What actually works is AI that respects the physics and structure of the grid. Here is how it functions in practice:
Input: Real-time physical data, not just historical trends. Dynamic Line Rating (DLR) systems use IoT sensors and weather data to measure the actual capacity of transmission lines in real time. Traditional ratings assume worst-case conditions and leave 20-40% of capacity on the table. In Indiana and Ohio, AES deployed DLR on 345 kV lines and increased transfer capacity by 61% — at a cost of $0.39 million versus $1.63 million for traditional upgrades. That is a 76% cost reduction.
Processing: Physics-aware AI models. Physics-Informed Neural Networks — or PINNs — embed the actual laws of electrical systems into the AI model itself. Instead of learning patterns from data alone, they enforce the equations that govern how generators, lines, and loads interact. These models solve stability analyses up to 87 times faster than conventional methods. Graph Neural Networks (GNNs) treat the grid as what it actually is — a network of connected nodes — and predict how failures propagate across the topology. GNN-based models have achieved an F1 score of 0.8935 for identifying substations at risk of failure within 30 days.
Output: Explainable decisions with audit trails. When the AI identifies a cascading failure risk, it generates a graph-based explanation showing exactly which lines and substations are driving the risk. Your operators see the reasoning before they act. Your compliance team gets a documented logic trail. For energy and utilities organizations, this transparency is not optional — it is what regulators and boards require.
This approach extends beyond grid operations to the interconnection bottleneck. AI agents can automatically screen the 233 GW ERCOT queue, assign a likelihood-of-completion score to each project, and flag speculative "phantom" loads — requests from companies that filed at multiple sites just to hedge their options. This moves the queue from first-come-first-served to first-ready-first-served.
You can also apply these tools to predict which power plants will retire next. Models using stacked LSTM and gradient boosting have achieved a mean absolute percentage error of just 1.072% in forecasting plant retirement timing. That gives your planning team years of lead time instead of months.
The key architectural principle behind all of this: simulation, digital twins, and optimization systems that mirror your physical infrastructure in software, test scenarios at machine speed, and feed results into decision layers that humans can verify and trust. Combined with explainability and decision transparency, you get AI that your board, your regulators, and your operators can all stand behind.
For a deeper technical exploration, you can read the full technical analysis or explore the interactive version.
Key Takeaways
- PJM's first-ever capacity shortfall — 6,623 MW — signals that America's largest grid cannot keep up with demand, putting reliability at risk by June 2027.
- Data center growth in PJM territory could drive $163 billion in cumulative capacity costs through 2033, directly raising electricity prices for all customers.
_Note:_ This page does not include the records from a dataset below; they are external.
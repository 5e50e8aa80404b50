//! The numbers of dependencies, by name and kind.
ghost use Rattle.std.specs.Prelude.{◌≡◌, IfOk, OnOk, Some, unwrap_or};
ghost use Rattle.std.specs.FinMap as map;
ghost use Rattle.mt_tokens.specs.Deps.{dependency, dependency_of, form_dependency, number_in, with_first};
ghost use Rattle.mt_deps.specs.Numbers.{Numbers, added, at_kind, no_row, with_kind};

use mt_containers::List;
use mt_tokens::{Dep, DepKind, Form, Found, Named, Text, TextMap};
use std::alloc::AllocError;

/// The numbers of one name, by kind.
#[derive(Clone, Copy)]
pub(crate) struct Row {
    pub require: Option<usize>,
    pub import: Option<usize>,
    pub import_call: Option<usize>,
}

impl Row {
    /// The number of a kind.
    fn of(self, kind: DepKind) -> Option<usize>
        ensures { result ≡ at_kind self kind }
    {
        match kind {
            DepKind::Require => self.require,
            DepKind::Import => self.import,
            DepKind::ImportCall => self.import_call,
        }
    }

    /// The same numbers, and this one of a kind.
    fn with(self, kind: DepKind, number: usize) -> Row
        ensures { result ≡ with_kind self kind number }
    {
        match kind {
            DepKind::Require => Row {
                require: Some(number),
                ..self
            },
            DepKind::Import => Row {
                import: Some(number),
                ..self
            },
            DepKind::ImportCall => Row {
                import_call: Some(number),
                ..self
            },
        }
    }
}

/// The numbers of a name.
fn row_at(numbers: &TextMap<Row>, name: &Text) -> Row
    ensures { result ≡ unwrap_or (map.get numbers.now name.now) no_row }
{
    match numbers.get(name) {
        Some(row) => *row,
        None => Row {
            require: None,
            import: None,
            import_call: None,
        },
    }
}

/// The number of a module among the dependencies, to which it is added if its name is new in this kind.
fn number(
    deps: &mut List<Dep>,
    numbers: &mut TextMap<Row>,
    kind: DepKind,
    named: &Named,
) -> Result<usize, AllocError>
    requires { Numbers numbers.old deps.old }
    ensures deps { OnOk result (deps.new ≡ with_first deps.old (dependency kind named.now)) }
    ensures numbers { OnOk result (Numbers numbers.new deps.new) }
    ensures number { IfOk result (λ n. n ≡ number_in deps.new (Some (dependency kind named.now))) }
{
    let row = row_at(numbers, &named.name);
    if let Some(number) = row.of(kind) {
        return Ok(number);
    }
    let number = deps.len();
    let name = named.name.clone()?;
    let key = named.name.clone()?;
    let place = named.string.start;
    deps.push(Dep { name, kind, place })?;
    numbers.insert(key, row.with(kind, number))?;
    Ok(number)
}

/// The number of a form's module, which is added if it is new; 0 where the form names none.
fn number_form(
    deps: &mut List<Dep>,
    numbers: &mut TextMap<Row>,
    form: &Form,
) -> Result<usize, AllocError>
    requires { Numbers numbers.old deps.old }
    ensures deps { OnOk result (deps.new ≡ added deps.old (form_dependency form.now)) }
    ensures numbers { OnOk result (Numbers numbers.new deps.new) }
    ensures number { IfOk result (λ n. n ≡ number_in deps.new (form_dependency form.now)) }
{
    match form {
        Form::Import { named, .. } => number(deps, numbers, DepKind::Import, named),
        Form::ExportFrom { named, .. } => number(deps, numbers, DepKind::Import, named),
        Form::ExportList { .. } | Form::ExportDefault { .. } | Form::ExportDeclared { .. } => Ok(0),
    }
}

/// The number of the module of what is found, which is added if it is new; 0 where it names none.
pub(crate) fn number_found(
    deps: &mut List<Dep>,
    numbers: &mut TextMap<Row>,
    found: &Found,
) -> Result<usize, AllocError>
    requires { Numbers numbers.old deps.old }
    ensures deps { OnOk result (deps.new ≡ added deps.old (dependency_of found.now)) }
    ensures numbers { OnOk result (Numbers numbers.new deps.new) }
    ensures number { IfOk result (λ n. n ≡ number_in deps.new (dependency_of found.now)) }
{
    match found {
        Found::Require(named) => number(deps, numbers, DepKind::Require, named),
        Found::ImportCall { named, .. } => number(deps, numbers, DepKind::ImportCall, named),
        Found::Dynamic => Ok(0),
        Found::Statement { form, .. } => number_form(deps, numbers, form),
    }
}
- Dynamic Line Rating technology increased transmission capacity by 61% on existing lines at 76% lower cost than traditional upgrades — no new construction needed.
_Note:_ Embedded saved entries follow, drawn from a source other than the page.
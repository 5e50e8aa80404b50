//! Laws of the definitions.
ghost use Rattle.std.specs.Prelude.{◌≡◌, ◌<◌, ◌^◌, ℕ, IsUtf8, List, Ok, All, length};
ghost use Rattle.mt_tokens.specs.Deps.{Deps, deps_of};
ghost use Rattle.mt_tokens.specs.Tokens.{Covers, IsCut};
ghost use Rattle.mt_tokens.specs.declared.token.Token.{Token};
ghost use Rattle.mt_deps.specs.Uses.{AreApart, IsMarkText, IsUseCut};

/// Does nothing, and carries a law: where the tokens are those of the text, the ranges that are replaced ascend, and none
/// overlaps the next. In UTF-8 each begins and ends between characters, and what takes its place is UTF-8, as are the names
/// that are exported.
pub fn law_of_uses()
    ensures apart { (text : List ℕ) (ts : List Token) (found : Deps) → Covers 0 (length text) ts → deps_of text ts ≡ Ok found → AreApart 0 found.uses }
    ensures cut { (text : List ℕ) (ts : List Token) (found : Deps) → IsUtf8 text → All (IsCut text) ts → deps_of text ts ≡ Ok found → length found.deps < 2 ^ 64 → All (IsUseCut text) found.uses }
    ensures marks { (text : List ℕ) (ts : List Token) (found : Deps) → IsUtf8 text → All (IsCut text) ts → deps_of text ts ≡ Ok found → All IsMarkText found.marks }
{}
- Physics-aware AI models solve grid stability analyses 87 times faster than conventional methods and can predict substation failures 30 days in advance.
- ERCOT's 233 GW interconnection queue can be triaged by AI that scores project feasibility and filters out speculative requests, cutting years off the process.
The Bottom Line
The PJM shortfall and ERCOT queue crisis are not temporary disruptions — they are structural shifts that will raise your energy costs and threaten your operational continuity for years. AI can help, but only if it understands the physics of the grid, not just patterns in spreadsheets. Ask your AI vendor: when your model recommends a dispatch decision during a grid emergency, can it show my operators and regulators exactly which physical constraints it evaluated and why?